• [TASK ITEM]
Write down every entry once more, exactly as it reads.
= Beginning of Section =
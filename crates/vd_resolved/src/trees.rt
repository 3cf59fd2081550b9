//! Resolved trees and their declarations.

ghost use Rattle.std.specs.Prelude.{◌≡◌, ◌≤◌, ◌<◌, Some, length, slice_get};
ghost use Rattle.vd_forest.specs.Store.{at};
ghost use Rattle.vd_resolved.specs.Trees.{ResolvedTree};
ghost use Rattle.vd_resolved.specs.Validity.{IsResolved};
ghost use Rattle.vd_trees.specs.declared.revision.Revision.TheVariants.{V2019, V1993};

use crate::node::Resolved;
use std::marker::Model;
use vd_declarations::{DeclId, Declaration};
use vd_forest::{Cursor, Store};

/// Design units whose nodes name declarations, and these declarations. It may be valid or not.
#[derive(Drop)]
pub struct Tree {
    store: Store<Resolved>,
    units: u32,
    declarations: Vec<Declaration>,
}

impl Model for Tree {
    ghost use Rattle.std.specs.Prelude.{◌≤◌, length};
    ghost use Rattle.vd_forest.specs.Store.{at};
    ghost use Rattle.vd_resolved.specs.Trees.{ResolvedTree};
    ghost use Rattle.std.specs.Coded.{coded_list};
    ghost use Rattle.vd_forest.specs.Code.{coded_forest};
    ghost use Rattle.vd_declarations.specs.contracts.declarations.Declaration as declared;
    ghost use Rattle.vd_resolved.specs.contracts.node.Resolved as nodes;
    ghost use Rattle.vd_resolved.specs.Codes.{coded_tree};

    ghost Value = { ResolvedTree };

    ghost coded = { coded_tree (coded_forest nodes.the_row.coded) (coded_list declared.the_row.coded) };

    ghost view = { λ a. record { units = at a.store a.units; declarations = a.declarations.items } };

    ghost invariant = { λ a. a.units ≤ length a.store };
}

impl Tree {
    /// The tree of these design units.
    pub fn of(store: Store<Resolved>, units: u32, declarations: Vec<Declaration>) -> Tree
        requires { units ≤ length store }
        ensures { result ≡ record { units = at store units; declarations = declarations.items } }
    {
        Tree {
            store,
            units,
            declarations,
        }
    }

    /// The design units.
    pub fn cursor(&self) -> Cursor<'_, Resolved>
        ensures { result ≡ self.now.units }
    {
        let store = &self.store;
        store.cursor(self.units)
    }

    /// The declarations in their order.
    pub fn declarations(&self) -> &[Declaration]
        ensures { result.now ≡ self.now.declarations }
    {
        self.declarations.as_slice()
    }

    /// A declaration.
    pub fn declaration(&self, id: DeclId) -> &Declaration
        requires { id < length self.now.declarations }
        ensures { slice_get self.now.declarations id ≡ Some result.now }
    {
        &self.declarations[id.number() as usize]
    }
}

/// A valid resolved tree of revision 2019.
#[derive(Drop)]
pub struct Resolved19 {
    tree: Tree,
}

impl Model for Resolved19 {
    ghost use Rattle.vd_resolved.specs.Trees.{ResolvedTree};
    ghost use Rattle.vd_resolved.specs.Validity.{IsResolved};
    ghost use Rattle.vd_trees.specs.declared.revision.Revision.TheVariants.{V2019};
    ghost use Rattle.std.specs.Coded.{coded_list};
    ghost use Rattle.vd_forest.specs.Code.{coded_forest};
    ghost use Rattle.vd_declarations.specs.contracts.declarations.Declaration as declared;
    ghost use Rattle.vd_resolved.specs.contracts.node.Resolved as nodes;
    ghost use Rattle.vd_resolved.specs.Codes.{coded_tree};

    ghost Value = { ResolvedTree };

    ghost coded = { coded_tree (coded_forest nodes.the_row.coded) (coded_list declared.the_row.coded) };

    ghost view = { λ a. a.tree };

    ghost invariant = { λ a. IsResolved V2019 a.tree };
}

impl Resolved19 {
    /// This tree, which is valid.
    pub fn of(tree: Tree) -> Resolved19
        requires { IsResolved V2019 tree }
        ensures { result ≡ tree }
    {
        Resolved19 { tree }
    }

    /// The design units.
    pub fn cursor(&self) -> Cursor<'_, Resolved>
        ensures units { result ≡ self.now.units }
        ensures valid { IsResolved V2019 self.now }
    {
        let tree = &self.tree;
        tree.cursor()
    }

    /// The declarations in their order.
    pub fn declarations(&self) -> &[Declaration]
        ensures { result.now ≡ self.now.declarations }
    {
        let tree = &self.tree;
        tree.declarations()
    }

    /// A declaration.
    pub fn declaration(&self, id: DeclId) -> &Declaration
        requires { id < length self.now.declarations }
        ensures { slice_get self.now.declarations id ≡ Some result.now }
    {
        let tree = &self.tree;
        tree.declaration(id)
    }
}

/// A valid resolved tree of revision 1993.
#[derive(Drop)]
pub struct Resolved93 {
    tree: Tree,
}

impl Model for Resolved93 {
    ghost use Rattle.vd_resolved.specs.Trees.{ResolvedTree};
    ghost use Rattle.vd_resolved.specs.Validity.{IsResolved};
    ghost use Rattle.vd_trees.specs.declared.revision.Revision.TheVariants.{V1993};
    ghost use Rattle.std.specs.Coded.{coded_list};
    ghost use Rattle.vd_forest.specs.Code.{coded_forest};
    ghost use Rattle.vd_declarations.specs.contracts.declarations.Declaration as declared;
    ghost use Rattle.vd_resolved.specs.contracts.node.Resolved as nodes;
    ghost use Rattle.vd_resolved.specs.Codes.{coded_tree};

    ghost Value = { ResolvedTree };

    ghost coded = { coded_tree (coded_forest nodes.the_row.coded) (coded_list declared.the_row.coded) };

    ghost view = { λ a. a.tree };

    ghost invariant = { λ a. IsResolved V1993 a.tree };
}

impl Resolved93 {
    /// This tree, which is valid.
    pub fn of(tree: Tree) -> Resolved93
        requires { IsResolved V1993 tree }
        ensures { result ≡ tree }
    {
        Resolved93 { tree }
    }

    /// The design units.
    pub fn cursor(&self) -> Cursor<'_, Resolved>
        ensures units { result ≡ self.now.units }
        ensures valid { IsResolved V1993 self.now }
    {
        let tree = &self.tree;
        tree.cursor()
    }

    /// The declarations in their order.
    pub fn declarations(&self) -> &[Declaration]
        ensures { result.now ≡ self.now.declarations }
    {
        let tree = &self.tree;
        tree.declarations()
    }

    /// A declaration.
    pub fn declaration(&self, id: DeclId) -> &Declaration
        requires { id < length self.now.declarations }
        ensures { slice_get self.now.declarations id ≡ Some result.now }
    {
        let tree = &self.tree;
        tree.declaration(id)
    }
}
= End of Section =
• [EXERCISE SOLUTION]
filename crates/vd_resolved/src/trees.rt
repository 3cf59fd2081550b9
//! Resolved trees and their declarations.

ghost use Rattle.std.specs.Prelude.{◌≡◌, ◌≤◌, ◌<◌, Some, length, slice_get};
ghost use Rattle.vd_forest.specs.Store.{at};
ghost use Rattle.vd_resolved.specs.Trees.{ResolvedTree};
ghost use Rattle.vd_resolved.specs.Validity.{IsResolved};
ghost use Rattle.vd_trees.specs.declared.revision.Revision.TheVariants.{V2019, V1993};

use crate::node::Resolved;
use std::marker::Model;
use vd_declarations::{DeclId, Declaration};
use vd_forest::{Cursor, Store};

/// Design units whose nodes name declarations, and these declarations. It may be valid or not.
#[derive(Drop)]
pub struct Tree {
    store: Store<Resolved>,
    units: u32,
    declarations: Vec<Declaration>,
}

impl Model for Tree {
    ghost use Rattle.std.specs.Prelude.{◌≤◌, length};
    ghost use Rattle.vd_forest.specs.Store.{at};
    ghost use Rattle.vd_resolved.specs.Trees.{ResolvedTree};
    ghost use Rattle.std.specs.Coded.{coded_list};
    ghost use Rattle.vd_forest.specs.Code.{coded_forest};
    ghost use Rattle.vd_declarations.specs.contracts.declarations.Declaration as declared;
    ghost use Rattle.vd_resolved.specs.contracts.node.Resolved as nodes;
    ghost use Rattle.vd_resolved.specs.Codes.{coded_tree};

    ghost Value = { ResolvedTree };

    ghost coded = { coded_tree (coded_forest nodes.the_row.coded) (coded_list declared.the_row.coded) };

    ghost view = { λ a. record { units = at a.store a.units; declarations = a.declarations.items } };

    ghost invariant = { λ a. a.units ≤ length a.store };
}

impl Tree {
    /// The tree of these design units.
    pub fn of(store: Store<Resolved>, units: u32, declarations: Vec<Declaration>) -> Tree
        requires { units ≤ length store }
        ensures { result ≡ record { units = at store units; declarations = declarations.items } }
    {
        Tree {
            store,
            units,
            declarations,
        }
    }

    /// The design units.
    pub fn cursor(&self) -> Cursor<'_, Resolved>
        ensures { result ≡ self.now.units }
    {
        let store = &self.store;
        store.cursor(self.units)
    }

    /// The declarations in their order.
    pub fn declarations(&self) -> &[Declaration]
        ensures { result.now ≡ self.now.declarations }
    {
        self.declarations.as_slice()
    }

    /// A declaration.
    pub fn declaration(&self, id: DeclId) -> &Declaration
        requires { id < length self.now.declarations }
        ensures { slice_get self.now.declarations id ≡ Some result.now }
    {
        &self.declarations[id.number() as usize]
    }
}

/// A valid resolved tree of revision 2019.
#[derive(Drop)]
pub struct Resolved19 {
    tree: Tree,
}

impl Model for Resolved19 {
    ghost use Rattle.vd_resolved.specs.Trees.{ResolvedTree};
    ghost use Rattle.vd_resolved.specs.Validity.{IsResolved};
    ghost use Rattle.vd_trees.specs.declared.revision.Revision.TheVariants.{V2019};
    ghost use Rattle.std.specs.Coded.{coded_list};
    ghost use Rattle.vd_forest.specs.Code.{coded_forest};
    ghost use Rattle.vd_declarations.specs.contracts.declarations.Declaration as declared;
    ghost use Rattle.vd_resolved.specs.contracts.node.Resolved as nodes;
    ghost use Rattle.vd_resolved.specs.Codes.{coded_tree};

    ghost Value = { ResolvedTree };

    ghost coded = { coded_tree (coded_forest nodes.the_row.coded) (coded_list declared.the_row.coded) };

    ghost view = { λ a. a.tree };

    ghost invariant = { λ a. IsResolved V2019 a.tree };
}

impl Resolved19 {
    /// This tree, which is valid.
    pub fn of(tree: Tree) -> Resolved19
        requires { IsResolved V2019 tree }
        ensures { result ≡ tree }
    {
        Resolved19 { tree }
    }

    /// The design units.
    pub fn cursor(&self) -> Cursor<'_, Resolved>
        ensures units { result ≡ self.now.units }
        ensures valid { IsResolved V2019 self.now }
    {
        let tree = &self.tree;
        tree.cursor()
    }

    /// The declarations in their order.
    pub fn declarations(&self) -> &[Declaration]
        ensures { result.now ≡ self.now.declarations }
    {
        let tree = &self.tree;
        tree.declarations()
    }

    /// A declaration.
    pub fn declaration(&self, id: DeclId) -> &Declaration
        requires { id < length self.now.declarations }
        ensures { slice_get self.now.declarations id ≡ Some result.now }
    {
        let tree = &self.tree;
        tree.declaration(id)
    }
}

/// A valid resolved tree of revision 1993.
#[derive(Drop)]
pub struct Resolved93 {
    tree: Tree,
}

impl Model for Resolved93 {
    ghost use Rattle.vd_resolved.specs.Trees.{ResolvedTree};
    ghost use Rattle.vd_resolved.specs.Validity.{IsResolved};
    ghost use Rattle.vd_trees.specs.declared.revision.Revision.TheVariants.{V1993};
    ghost use Rattle.std.specs.Coded.{coded_list};
    ghost use Rattle.vd_forest.specs.Code.{coded_forest};
    ghost use Rattle.vd_declarations.specs.contracts.declarations.Declaration as declared;
    ghost use Rattle.vd_resolved.specs.contracts.node.Resolved as nodes;
    ghost use Rattle.vd_resolved.specs.Codes.{coded_tree};

    ghost Value = { ResolvedTree };

    ghost coded = { coded_tree (coded_forest nodes.the_row.coded) (coded_list declared.the_row.coded) };

    ghost view = { λ a. a.tree };

    ghost invariant = { λ a. IsResolved V1993 a.tree };
}

impl Resolved93 {
    /// This tree, which is valid.
    pub fn of(tree: Tree) -> Resolved93
        requires { IsResolved V1993 tree }
        ensures { result ≡ tree }
    {
        Resolved93 { tree }
    }

    /// The design units.
    pub fn cursor(&self) -> Cursor<'_, Resolved>
        ensures units { result ≡ self.now.units }
        ensures valid { IsResolved V1993 self.now }
    {
        let tree = &self.tree;
        tree.cursor()
    }

    /// The declarations in their order.
    pub fn declarations(&self) -> &[Declaration]
        ensures { result.now ≡ self.now.declarations }
    {
        let tree = &self.tree;
        tree.declarations()
    }

    /// A declaration.
    pub fn declaration(&self, id: DeclId) -> &Declaration
        requires { id < length self.now.declarations }
        ensures { slice_get self.now.declarations id ≡ Some result.now }
    {
        let tree = &self.tree;
        tree.declaration(id)
    }
}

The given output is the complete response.